Trade finance is facilitating financial needs in international trades. It involves an exporter who requires immediate payment and an importer who looks for credit. It also reduces risks like currency fluctuations, non-payment issues, and creditworthiness in the international trade transaction.

During the early days, exporters have never been able to make sure whether importers pay for the goods. On the other side, importers are worried since there is no guarantee that exporter will send the product of good quality without any delay. Trade finance ensured that exporters are paid on time and importers are assured for shipment of goods.

Trade Finance Process
Trade finance facilitated by banks and other financial establishments for different transactions between importers and exporters. Trade Finance Services covers different kinds of activities like issuing a letter of credit, lending, forfeiting, export credit and finance, and factoring. The trade finance method involves different parties like importer, exporter, financing institution, credit agencies, and insurers.

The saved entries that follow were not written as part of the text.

//! Faults of dedupe: the reasons why it refuses bytes.

ghost use Rattle.std.specs.Prelude.{◌≡◌, ◌≤◌};
ghost use Rattle.wc_dedupe.specs.declared.fault.DedupeFault.TheVariants.{Memory, TooLarge};
ghost use Rattle.wc_dedupe.specs.Fault.{dedupe_fault_number, dedupe_fault_text};

use std::alloc::{AllocError, AllocFailed};
use thiserror::Error;
use wc_read::ReadFault;
use wc_texts::{CARRIED, FaultText, OUT_OF_MEMORY, Pieces, PutFailed, put_carried};
use wc_write::WriteFault;

/// Why the imports of a module could not be renamed.
#[derive(Clone, Copy, Debug, PartialEq, Eq, Error)]
pub enum DedupeFault {
    /// An allocation failed.
    #[error("out of memory")]
    Memory,
    /// The bytes are no component, and can't be cut into sections or have a malformed import section.
    #[error("Read: {0}")]
    Read(ReadFault),
    /// A section of the renamed module has a content of 2^32 bytes or more.
    #[error("TooLarge")]
    TooLarge,
}

impl DedupeFault {
    /// The number of the fault: its position in the enum, and 256 times the number of a fault that it carries. It
    /// never changes.
    pub fn number(self) -> u32
        ensures number { result ≡ dedupe_fault_number self }
        ensures bounded { result ≤ 4609 }
    {
        match self {
            DedupeFault::Memory => 0,
            DedupeFault::Read(fault) => 1 + CARRIED * fault.number(),
            DedupeFault::TooLarge => 2,
        }
    }
}

impl FaultText for DedupeFault {
    ghost text = { dedupe_fault_text };

    fn put_pieces<P: Pieces>(&self, out: &mut P) -> Result<(), PutFailed> {
        match self {
            DedupeFault::Memory => out.put_piece(OUT_OF_MEMORY),
            DedupeFault::Read(fault) => put_carried(out, "Read", fault),
            DedupeFault::TooLarge => out.put_piece("TooLarge"),
        }
    }
}

impl From<AllocError> for DedupeFault {
    ghost from_gives = { λ _ e. e ≡ Memory };

    fn from(_e: AllocError) -> DedupeFault {
        DedupeFault::Memory
    }
}

impl<T: Drop> From<AllocFailed<T>> for DedupeFault {
    ghost from_gives = { λ _ e. e ≡ Memory };

    fn from(_e: AllocFailed<T>) -> DedupeFault {
        DedupeFault::Memory
    }
}

impl From<ReadFault> for DedupeFault {
    ghost use Rattle.wc_dedupe.specs.Fault.{of_read};

    ghost from_gives = { λ f e. e ≡ of_read f };

    fn from(e: ReadFault) -> DedupeFault {
        match e {
            ReadFault::Memory => DedupeFault::Memory,
            _ => DedupeFault::Read(e),
        }
    }
}

impl From<WriteFault> for DedupeFault {
    ghost use Rattle.wc_dedupe.specs.Fault.{of_write};

    ghost from_gives = { λ f e. e ≡ of_write f };

    fn from(e: WriteFault) -> DedupeFault {
        match e {
            WriteFault::Memory => DedupeFault::Memory,
            WriteFault::TooLarge => DedupeFault::TooLarge,
        }
    }
}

Trade Finance Products and Services

Letter of credit
It is an undertaking given by bank on behalf of the importer to an exporter, that, if the exporter presents the complying documents to the importer’s designated bank as specified importer in the agreement then the importer’s bank will make payment to the exporter.

Bank Guarantee
It is an undertaking given by the bank on behalf of the importer and in favor of the exporter. The bank acts as a guarantor if importer or exporter fails to fulfill the terms and conditions of the contract; the bank takes an initiative to pay a sum of money to the beneficiary.

Supplier’s Credit
Supplier’s Credit is used by an importer to extend their payment by using LC and in the meantime exporters paid immediately after shipment of goods. By going so, both exporters and importers can manage their working capital effectively. It is also called supply chain finance.

Exporters can get funding from factoring service providers against their accounts receivables post shipment. The importer will make payment to the factoring service provider after his credit period gets over. This product is without collateral and without recourse.